### PROBLEM STATEMENT
Show each line from the listing that includes the word "down".
━━━ INFORMATION PROVIDED
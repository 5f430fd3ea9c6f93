//! What is done with the nodes of a tree, a step at a time.

ghost use Rattle.std.specs.Prelude.{◌≡◌, ◌≢◌, ◌≤◌, ◌<◌, ◌-◌, ◌^◌, ℕ, [], length, take, map, if◌then◌else◌, Some, None, Err, true, false, IsSome, IfSome, IfNone, IfOk, OnOk, OnErr};
ghost use Rattle.std.specs.Option.{option_map};
ghost use Rattle.std.specs.List.{list_all};
ghost use Rattle.rd_dirinfo.specs.Naming.{Name, seen};
ghost use Rattle.rd_dirinfo.specs.Paths.{is_name, seen_path};
ghost use Rattle.rd_tree.specs.Walk.{Key, down};
ghost use Rattle.rd_tree.specs.Nodes.{child_of, file_of, kind_of, link_of, HasChild, Inserts, LacksFolder, Locates, Removes, SameNodes};

use crate::keys::{fold_into, key_of};
use crate::node::Node;
use rd_base::Units;
use rd_contents::Contents;
use rd_dirinfo::Naming;
use slab::Slab;
use std::alloc::{AllocError, Global};
use std::collections::BTreeMap;

/// The number of the root.
pub const ROOT: usize = 0;

/// The most units of a name.
pub const MOST_NAME_UNITS: usize = 255;

/// The child of a node at a key.
fn child_at(nodes: &Slab<Node>, node: usize, key: &[u16]) -> Option<usize>
    ensures { result ≡ child_of nodes.now node key.now }
{
    match nodes.get(node) {
        Some(folder) => folder.children.get(key).copied(),
        None => None,
    }
}

/// The child of a node with a name.
pub fn child(nodes: &Slab<Node>, naming: Naming, node: usize, name: &[u16]) -> Option<usize>
    requires { is_name name.now ≡ true }
    ensures { result ≡ child_of nodes.now node (seen naming name.now) }
{
    match naming {
        Naming::Exact => child_at(nodes, node, name),
        Naming::Folded => {
            let mut buffer = [0u16; MOST_NAME_UNITS];
            fold_into(name, &mut buffer);
            child_at(nodes, node, &buffer[..name.len()])
        }
    }
}

/// Whether a node is a folder.
pub fn kind(nodes: &Slab<Node>, node: usize) -> Option<bool>
    ensures { result ≡ kind_of nodes.now node }
{
    match nodes.get(node) {
        Some(node) => Some(node.folder),
        None => None,
    }
}

/// The node that some names lead to from the root on.
pub fn find(nodes: &Slab<Node>, naming: Naming, names: &[Units]) -> Option<usize>
    requires { list_all is_name names.now ≡ true }
    ensures { result ≡ down (child_of nodes.now) 0 (seen_path naming names.now) }
{
    let mut node = ROOT;
    for name in names {
        match child(nodes, naming, node, name.as_slice()) {
            Some(next) => node = next,
            None => return None,
        }
    }
    Some(node)
}

/// The last of some names, and the folder that the others lead to. There is none for the root.
pub fn locate<'a>(
    nodes: &Slab<Node>,
    naming: Naming,
    names: &'a [Units],
) -> Option<(usize, &'a [u16])>
    requires { list_all is_name names.now ≡ true }
    ensures located { IfSome result (λ p. Locates naming nodes.now names.now p.0 p.1.now) }
    ensures lost { IfNone result (0 < length names.now → LacksFolder naming nodes.now names.now) }
{
    let (name, parents) = names.split_last()?;
    let folder = find(nodes, naming, parents)?;
    match kind(nodes, folder) {
        Some(true) => Some((folder, name.as_slice())),
        _ => None,
    }
}

/// Gives a folder a child.
pub fn link(
    nodes: &mut Slab<Node>,
    folder: usize,
    key: Vec<u16>,
    node: usize,
) -> Result<(), AllocError>
    requires { IsSome (kind_of nodes.old folder) }
    ensures here { OnOk result (child_of nodes.new folder key.items ≡ Some node) }
    ensures others { (n : ℕ) (x : Key) → ((n ≡ folder) × (x ≡ key.items) → ⊥) → child_of nodes.new n x ≡ child_of nodes.old n x }
    ensures refused { OnErr result ((n : ℕ) (x : Key) → child_of nodes.new n x ≡ child_of nodes.old n x) }
    ensures links { (n : ℕ) → link_of nodes.new n ≡ link_of nodes.old n }
    ensures files { (n : ℕ) → file_of nodes.new n ≡ file_of nodes.old n }
{
    match nodes.get_mut(folder) {
        Some(folder) => {
            folder.children.insert(key, node)?;
            Ok(())
        }
        None => Err(AllocError),
    }
}

/// Takes a child from a folder.
fn unlink_at(nodes: &mut Slab<Node>, folder: usize, key: &[u16])
    ensures gone { child_of nodes.new folder key.now ≡ None }
    ensures others { (n : ℕ) (x : Key) → ((n ≡ folder) × (x ≡ key.now) → ⊥) → child_of nodes.new n x ≡ child_of nodes.old n x }
    ensures links { (n : ℕ) → link_of nodes.new n ≡ link_of nodes.old n }
    ensures files { (n : ℕ) → file_of nodes.new n ≡ file_of nodes.old n }
{
    if let Some(folder) = nodes.get_mut(folder) {
        folder.children.remove(key);
    }
}

/// Takes the child with a name from a folder.
pub fn unlink(nodes: &mut Slab<Node>, naming: Naming, folder: usize, name: &[u16])
    requires { is_name name.now ≡ true }
    ensures gone { child_of nodes.new folder (seen naming name.now) ≡ None }
    ensures others { (n : ℕ) (x : Key) → ((n ≡ folder) × (x ≡ seen naming name.now) → ⊥) → child_of nodes.new n x ≡ child_of nodes.old n x }
    ensures links { (n : ℕ) → link_of nodes.new n ≡ link_of nodes.old n }
    ensures files { (n : ℕ) → file_of nodes.new n ≡ file_of nodes.old n }
{
    match naming {
        Naming::Exact => unlink_at(nodes, folder, name),
        Naming::Folded => {
            let mut buffer = [0u16; MOST_NAME_UNITS];
            fold_into(name, &mut buffer);
            unlink_at(nodes, folder, &buffer[..name.len()]);
        }
    }
}

/// Takes a node away, which no folder has.
pub fn delete(nodes: &mut Slab<Node>, node: usize)
    ensures bare { (x : Key) → child_of nodes.new node x ≡ None }
    ensures children { (n : ℕ) (x : Key) → (n ≡ node → ⊥) → child_of nodes.new n x ≡ child_of nodes.old n x }
    ensures link { link_of nodes.new node ≡ None }
    ensures links { (n : ℕ) → (n ≡ node → ⊥) → link_of nodes.new n ≡ link_of nodes.old n }
    ensures file { file_of nodes.new node ≡ None }
    ensures files { (n : ℕ) → (n ≡ node → ⊥) → file_of nodes.new n ≡ file_of nodes.old n }
{
    nodes.try_remove(node);
}

/// Makes a folder or an empty file, the child of a folder. Without memory nothing changes.
pub fn insert(
    nodes: &mut Slab<Node>,
    alloc: Global,
    naming: Naming,
    parent: usize,
    name: &[u16],
    folder: bool,
) -> Result<usize, AllocError>
    requires root { IsSome (kind_of nodes.old 0) }
    requires parent { IsSome (kind_of nodes.old parent) }
    ensures inserted { IfOk result (Inserts naming nodes.old nodes.new parent name.now (if folder then None else Some [])) }
    ensures refused { OnErr result (SameNodes nodes.old nodes.new) }
{
    let key = key_of(alloc, naming, name)?;
    let own = Vec::from_slice(alloc, name)?;
    if nodes.vacant_key() > u32::MAX as usize {
        return Err(AllocError);
    }
    let made = nodes.insert(Node {
        parent,
        name: Units::of(own),
        folder,
        contents: Contents::new(alloc),
        children: BTreeMap::new(alloc),
    });
    let Ok(node) = made else {
        return Err(AllocError);
    };
    if link(nodes, parent, key, node).is_err() {
        delete(nodes, node);
        return Err(AllocError);
    }
    Ok(node)
}

/// Whether a node has a child.
pub fn has_child(nodes: &Slab<Node>, node: usize) -> bool
    ensures some { result ≡ true → HasChild nodes.now node }
    ensures none { result ≡ false → (x : Key) → child_of nodes.now node x ≡ None }
{
    match nodes.get(node) {
        Some(folder) => match folder.children.first_key_value() {
            Some(_) => true,
            None => false,
        },
        None => false,
    }
}

/// Takes a node out of its folder, and away. What is left of it is its name.
pub fn take_out(nodes: &mut Slab<Node>, naming: Naming, node: usize) -> Units
    requires other { 0 ≢ node }
    requires live { IsSome (kind_of nodes.old node) }
    requires named { (a : ℕ) (x : Name) → link_of nodes.old node ≡ Some (a, x) → is_name x ≡ true }
    ensures removed { (a : ℕ) (x : Name) → link_of nodes.old node ≡ Some (a, x) → Removes nodes.old nodes.new a (seen naming x) node }
    ensures name { (a : ℕ) (x : Name) → link_of nodes.old node ≡ Some (a, x) → result ≡ x }
{
    let Some(taken) = nodes.try_remove(node) else {
        unreachable!()
    };
    let Node { parent, name, .. } = taken;
    unlink(nodes, naming, parent, name.as_slice());
    name
}
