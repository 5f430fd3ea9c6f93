//! Why a tree refuses to change. It is then as it was.

use thiserror::Error;

/// Why a node could not be added.
#[derive(Clone, Copy, Debug, PartialEq, Eq, Error)]
pub enum AddNo {
    /// No folder is at the path's parent.
    #[error("no folder is there")]
    PathNotFound,
    /// A node is at the path.
    #[error("a node is there")]
    Collision,
    #[error("a tree has at most 65536 nodes")]
    Full,
    #[error("out of memory")]
    Memory,
}

/// The folder has a child.
#[derive(Clone, Copy, Debug, PartialEq, Eq, Error)]
#[error("the folder isn't empty")]
pub struct NotEmpty;

/// Why a node could not be renamed.
#[derive(Clone, Copy, Debug, PartialEq, Eq, Error)]
pub enum MoveNo {
    /// The target is below the node.
    #[error("the target is below the node")]
    Inside,
    /// No folder is at the target's parent.
    #[error("no folder is there")]
    PathNotFound,
    /// A moved path would have more than 64 names, or more than 4,096 units.
    #[error("a path would be too long")]
    TooDeep,
    /// A node at the target is in the way.
    #[error("a node is there")]
    Collision,
    #[error("out of memory")]
    Memory,
}
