//! The tree of a drive's files and folders: numbered nodes, each with a path, a file with bytes.
//!
//! It stands on `rd_dirinfo` (namings, paths), `rd_contents` (the bytes of a file), `rd_base` and the kit's `slab`. The layers above
//! use one contract of it: a tree is the list of its live numbers with their paths and bytes (`specs/Places`), each call finds what
//! that list has, or makes of it what a definition says, or refuses by a table and changes nothing.
//!
//! Cost: a name on the way to a node is looked up once in an ordered map of its folder. `add` and `rename` copy the new name twice,
//! as asked and as the naming sees it. `find`, `end` and `remove` take no memory.
#![tactic(auto)]

mod keys;
mod laws;
mod listing;
mod moving;
mod node;
mod nodes;
mod refusal;
mod tree;

pub use laws::{
    adding_is_as_listed, finding_is_as_listed, listing_is_as_listed, renaming_is_as_listed,
};
pub use node::{Found, NodeId};
pub use refusal::{AddNo, MoveNo, NotEmpty};
pub use tree::{MAX_NODES, Tree};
━━━━━━
### FINAL ANSWER
ghost use Rattle.rd_tree.specs.Walk.{Key, down};
    ensures { result ≡ down (child_of nodes.now) 0 (seen_path naming names.now) }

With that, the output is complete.